Task brief: Print every record exactly, omitting none.

*** Exercise materials Section Begins ***

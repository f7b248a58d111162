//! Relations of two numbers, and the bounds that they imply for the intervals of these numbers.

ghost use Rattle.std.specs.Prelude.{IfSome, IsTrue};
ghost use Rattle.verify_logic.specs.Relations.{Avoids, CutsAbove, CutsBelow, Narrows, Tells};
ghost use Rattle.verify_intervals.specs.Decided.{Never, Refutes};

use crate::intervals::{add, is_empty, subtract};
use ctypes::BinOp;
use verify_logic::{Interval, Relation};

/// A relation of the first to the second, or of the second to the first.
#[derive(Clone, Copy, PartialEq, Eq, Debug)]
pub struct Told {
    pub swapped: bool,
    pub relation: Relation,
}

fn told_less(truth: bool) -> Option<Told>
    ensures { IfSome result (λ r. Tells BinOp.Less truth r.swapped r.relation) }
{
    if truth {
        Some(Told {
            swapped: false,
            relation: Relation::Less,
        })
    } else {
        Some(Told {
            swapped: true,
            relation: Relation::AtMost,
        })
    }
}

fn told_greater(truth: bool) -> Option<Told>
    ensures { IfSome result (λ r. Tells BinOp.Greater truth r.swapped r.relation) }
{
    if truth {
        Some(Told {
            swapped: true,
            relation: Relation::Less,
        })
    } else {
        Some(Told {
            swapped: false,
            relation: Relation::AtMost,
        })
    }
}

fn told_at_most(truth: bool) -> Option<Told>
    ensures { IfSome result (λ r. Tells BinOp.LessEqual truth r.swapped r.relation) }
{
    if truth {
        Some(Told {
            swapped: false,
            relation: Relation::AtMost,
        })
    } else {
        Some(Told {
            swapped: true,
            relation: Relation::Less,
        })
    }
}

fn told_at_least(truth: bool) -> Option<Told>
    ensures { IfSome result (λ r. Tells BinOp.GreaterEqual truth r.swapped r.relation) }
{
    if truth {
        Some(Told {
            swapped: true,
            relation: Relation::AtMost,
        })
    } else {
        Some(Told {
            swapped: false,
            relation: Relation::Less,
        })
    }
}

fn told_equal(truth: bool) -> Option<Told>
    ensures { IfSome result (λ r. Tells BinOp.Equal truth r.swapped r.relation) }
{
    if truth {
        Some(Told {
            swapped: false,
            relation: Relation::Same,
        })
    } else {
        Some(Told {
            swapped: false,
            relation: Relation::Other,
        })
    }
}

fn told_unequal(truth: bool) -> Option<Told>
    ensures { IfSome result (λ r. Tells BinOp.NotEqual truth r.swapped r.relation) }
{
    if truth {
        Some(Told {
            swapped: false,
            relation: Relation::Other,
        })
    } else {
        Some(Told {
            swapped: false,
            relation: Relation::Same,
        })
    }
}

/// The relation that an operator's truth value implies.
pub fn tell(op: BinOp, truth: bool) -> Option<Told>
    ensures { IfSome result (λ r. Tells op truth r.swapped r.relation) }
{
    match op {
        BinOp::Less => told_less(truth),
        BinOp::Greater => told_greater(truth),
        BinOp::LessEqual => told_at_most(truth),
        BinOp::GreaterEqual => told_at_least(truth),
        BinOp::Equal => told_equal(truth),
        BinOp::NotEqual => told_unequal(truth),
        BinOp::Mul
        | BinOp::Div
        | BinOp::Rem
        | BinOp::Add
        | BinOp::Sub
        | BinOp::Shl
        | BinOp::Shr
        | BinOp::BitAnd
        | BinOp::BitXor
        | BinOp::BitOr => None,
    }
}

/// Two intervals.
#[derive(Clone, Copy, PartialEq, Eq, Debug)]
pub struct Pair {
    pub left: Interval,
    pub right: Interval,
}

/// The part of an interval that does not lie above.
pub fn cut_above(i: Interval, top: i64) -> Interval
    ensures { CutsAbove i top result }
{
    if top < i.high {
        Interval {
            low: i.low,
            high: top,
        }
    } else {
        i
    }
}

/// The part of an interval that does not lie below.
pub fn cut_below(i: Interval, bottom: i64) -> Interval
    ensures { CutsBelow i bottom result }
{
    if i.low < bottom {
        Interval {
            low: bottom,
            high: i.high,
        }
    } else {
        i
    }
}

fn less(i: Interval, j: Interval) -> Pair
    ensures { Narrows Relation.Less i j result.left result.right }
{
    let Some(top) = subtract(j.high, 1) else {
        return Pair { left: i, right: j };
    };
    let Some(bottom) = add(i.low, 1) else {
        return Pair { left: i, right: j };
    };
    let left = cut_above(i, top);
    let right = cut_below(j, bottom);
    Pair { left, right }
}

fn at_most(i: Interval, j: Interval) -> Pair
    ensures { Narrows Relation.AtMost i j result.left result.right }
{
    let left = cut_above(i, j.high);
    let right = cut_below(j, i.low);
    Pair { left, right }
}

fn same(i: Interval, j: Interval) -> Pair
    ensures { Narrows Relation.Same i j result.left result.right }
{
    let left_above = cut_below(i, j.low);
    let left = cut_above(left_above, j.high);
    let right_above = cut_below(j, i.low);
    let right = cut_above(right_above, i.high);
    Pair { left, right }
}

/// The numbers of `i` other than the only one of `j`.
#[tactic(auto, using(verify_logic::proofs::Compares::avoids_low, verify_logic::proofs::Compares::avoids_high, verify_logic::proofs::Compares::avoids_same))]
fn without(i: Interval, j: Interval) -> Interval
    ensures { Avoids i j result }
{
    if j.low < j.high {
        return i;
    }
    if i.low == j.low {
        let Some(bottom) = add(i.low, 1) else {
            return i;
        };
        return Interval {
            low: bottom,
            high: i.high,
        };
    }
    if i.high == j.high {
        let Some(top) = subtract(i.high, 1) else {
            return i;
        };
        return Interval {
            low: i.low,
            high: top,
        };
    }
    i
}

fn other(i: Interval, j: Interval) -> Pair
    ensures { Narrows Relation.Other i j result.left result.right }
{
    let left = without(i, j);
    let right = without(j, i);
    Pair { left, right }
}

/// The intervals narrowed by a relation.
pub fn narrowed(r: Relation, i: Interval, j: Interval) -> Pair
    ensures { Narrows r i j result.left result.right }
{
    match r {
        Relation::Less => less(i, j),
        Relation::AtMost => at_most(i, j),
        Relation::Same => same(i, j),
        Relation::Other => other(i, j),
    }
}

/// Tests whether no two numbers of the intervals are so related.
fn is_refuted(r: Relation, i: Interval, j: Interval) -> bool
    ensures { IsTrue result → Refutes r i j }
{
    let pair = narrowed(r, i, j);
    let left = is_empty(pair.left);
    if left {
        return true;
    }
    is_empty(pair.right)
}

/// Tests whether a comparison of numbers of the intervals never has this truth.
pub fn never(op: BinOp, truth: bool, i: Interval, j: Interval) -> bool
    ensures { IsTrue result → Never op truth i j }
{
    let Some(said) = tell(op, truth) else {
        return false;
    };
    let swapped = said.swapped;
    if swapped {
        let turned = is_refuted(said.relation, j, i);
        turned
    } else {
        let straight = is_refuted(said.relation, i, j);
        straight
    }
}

*** Exercise materials Section Ends ***

Result below:
repository f7b248a58d111162
//! Relations of two numbers, and the bounds that they imply for the intervals of these numbers.

ghost use Rattle.std.specs.Prelude.{IfSome, IsTrue};
ghost use Rattle.verify_logic.specs.Relations.{Avoids, CutsAbove, CutsBelow, Narrows, Tells};
ghost use Rattle.verify_intervals.specs.Decided.{Never, Refutes};

use crate::intervals::{add, is_empty, subtract};
use ctypes::BinOp;
use verify_logic::{Interval, Relation};

/// A relation of the first to the second, or of the second to the first.
#[derive(Clone, Copy, PartialEq, Eq, Debug)]
pub struct Told {
    pub swapped: bool,
    pub relation: Relation,
}

fn told_less(truth: bool) -> Option<Told>
    ensures { IfSome result (λ r. Tells BinOp.Less truth r.swapped r.relation) }
{
    if truth {
        Some(Told {
            swapped: false,
            relation: Relation::Less,
        })
    } else {
        Some(Told {
            swapped: true,
            relation: Relation::AtMost,
        })
    }
}

fn told_greater(truth: bool) -> Option<Told>
    ensures { IfSome result (λ r. Tells BinOp.Greater truth r.swapped r.relation) }
{
    if truth {
        Some(Told {
            swapped: true,
            relation: Relation::Less,
        })
    } else {
        Some(Told {
            swapped: false,
            relation: Relation::AtMost,
        })
    }
}

fn told_at_most(truth: bool) -> Option<Told>
    ensures { IfSome result (λ r. Tells BinOp.LessEqual truth r.swapped r.relation) }
{
    if truth {
        Some(Told {
            swapped: false,
            relation: Relation::AtMost,
        })
    } else {
        Some(Told {
            swapped: true,
            relation: Relation::Less,
        })
    }
}

fn told_at_least(truth: bool) -> Option<Told>
    ensures { IfSome result (λ r. Tells BinOp.GreaterEqual truth r.swapped r.relation) }
{
    if truth {
        Some(Told {
            swapped: true,
            relation: Relation::AtMost,
        })
    } else {
        Some(Told {
            swapped: false,
            relation: Relation::Less,
        })
    }
}

fn told_equal(truth: bool) -> Option<Told>
    ensures { IfSome result (λ r. Tells BinOp.Equal truth r.swapped r.relation) }
{
    if truth {
        Some(Told {
            swapped: false,
            relation: Relation::Same,
        })
    } else {
        Some(Told {
            swapped: false,
            relation: Relation::Other,
        })
    }
}

fn told_unequal(truth: bool) -> Option<Told>
    ensures { IfSome result (λ r. Tells BinOp.NotEqual truth r.swapped r.relation) }
{
    if truth {
        Some(Told {
            swapped: false,
            relation: Relation::Other,
        })
    } else {
        Some(Told {
            swapped: false,
            relation: Relation::Same,
        })
    }
}

/// The relation that an operator's truth value implies.
pub fn tell(op: BinOp, truth: bool) -> Option<Told>
    ensures { IfSome result (λ r. Tells op truth r.swapped r.relation) }
{
    match op {
        BinOp::Less => told_less(truth),
        BinOp::Greater => told_greater(truth),
        BinOp::LessEqual => told_at_most(truth),
        BinOp::GreaterEqual => told_at_least(truth),
        BinOp::Equal => told_equal(truth),
        BinOp::NotEqual => told_unequal(truth),
        BinOp::Mul
        | BinOp::Div
        | BinOp::Rem
        | BinOp::Add
        | BinOp::Sub
        | BinOp::Shl
        | BinOp::Shr
        | BinOp::BitAnd
        | BinOp::BitXor
        | BinOp::BitOr => None,
    }
}

/// Two intervals.
#[derive(Clone, Copy, PartialEq, Eq, Debug)]
pub struct Pair {
    pub left: Interval,
    pub right: Interval,
}

/// The part of an interval that does not lie above.
pub fn cut_above(i: Interval, top: i64) -> Interval
    ensures { CutsAbove i top result }
{
    if top < i.high {
        Interval {
            low: i.low,
            high: top,
        }
    } else {
        i
    }
}

/// The part of an interval that does not lie below.
pub fn cut_below(i: Interval, bottom: i64) -> Interval
    ensures { CutsBelow i bottom result }
{
    if i.low < bottom {
        Interval {
            low: bottom,
            high: i.high,
        }
    } else {
        i
    }
}

fn less(i: Interval, j: Interval) -> Pair
    ensures { Narrows Relation.Less i j result.left result.right }
{
    let Some(top) = subtract(j.high, 1) else {
        return Pair { left: i, right: j };
    };
    let Some(bottom) = add(i.low, 1) else {
        return Pair { left: i, right: j };
    };
    let left = cut_above(i, top);
    let right = cut_below(j, bottom);
    Pair { left, right }
}

fn at_most(i: Interval, j: Interval) -> Pair
    ensures { Narrows Relation.AtMost i j result.left result.right }
{
    let left = cut_above(i, j.high);
    let right = cut_below(j, i.low);
    Pair { left, right }
}

fn same(i: Interval, j: Interval) -> Pair
    ensures { Narrows Relation.Same i j result.left result.right }
{
    let left_above = cut_below(i, j.low);
    let left = cut_above(left_above, j.high);
    let right_above = cut_below(j, i.low);
    let right = cut_above(right_above, i.high);
    Pair { left, right }
}

/// The numbers of `i` other than the only one of `j`.
#[tactic(auto, using(verify_logic::proofs::Compares::avoids_low, verify_logic::proofs::Compares::avoids_high, verify_logic::proofs::Compares::avoids_same))]
fn without(i: Interval, j: Interval) -> Interval
    ensures { Avoids i j result }
{
    if j.low < j.high {
        return i;
    }
    if i.low == j.low {
        let Some(bottom) = add(i.low, 1) else {
            return i;
        };
        return Interval {
            low: bottom,
            high: i.high,
        };
    }
    if i.high == j.high {
        let Some(top) = subtract(i.high, 1) else {
            return i;
        };
        return Interval {
            low: i.low,
            high: top,
        };
    }
    i
}

fn other(i: Interval, j: Interval) -> Pair
    ensures { Narrows Relation.Other i j result.left result.right }
{
    let left = without(i, j);
    let right = without(j, i);
    Pair { left, right }
}

/// The intervals narrowed by a relation.
pub fn narrowed(r: Relation, i: Interval, j: Interval) -> Pair
    ensures { Narrows r i j result.left result.right }
{
    match r {
        Relation::Less => less(i, j),
        Relation::AtMost => at_most(i, j),
        Relation::Same => same(i, j),
        Relation::Other => other(i, j),
    }
}

/// Tests whether no two numbers of the intervals are so related.
fn is_refuted(r: Relation, i: Interval, j: Interval) -> bool
    ensures { IsTrue result → Refutes r i j }
{
    let pair = narrowed(r, i, j);
    let left = is_empty(pair.left);
    if left {
        return true;
    }
    is_empty(pair.right)
}

/// Tests whether a comparison of numbers of the intervals never has this truth.
pub fn never(op: BinOp, truth: bool, i: Interval, j: Interval) -> bool
    ensures { IsTrue result → Never op truth i j }
{
    let Some(said) = tell(op, truth) else {
        return false;
    };
    let swapped = said.swapped;
    if swapped {
        let turned = is_refuted(said.relation, j, i);
        turned
    } else {
        let straight = is_refuted(said.relation, i, j);
        straight
    }
}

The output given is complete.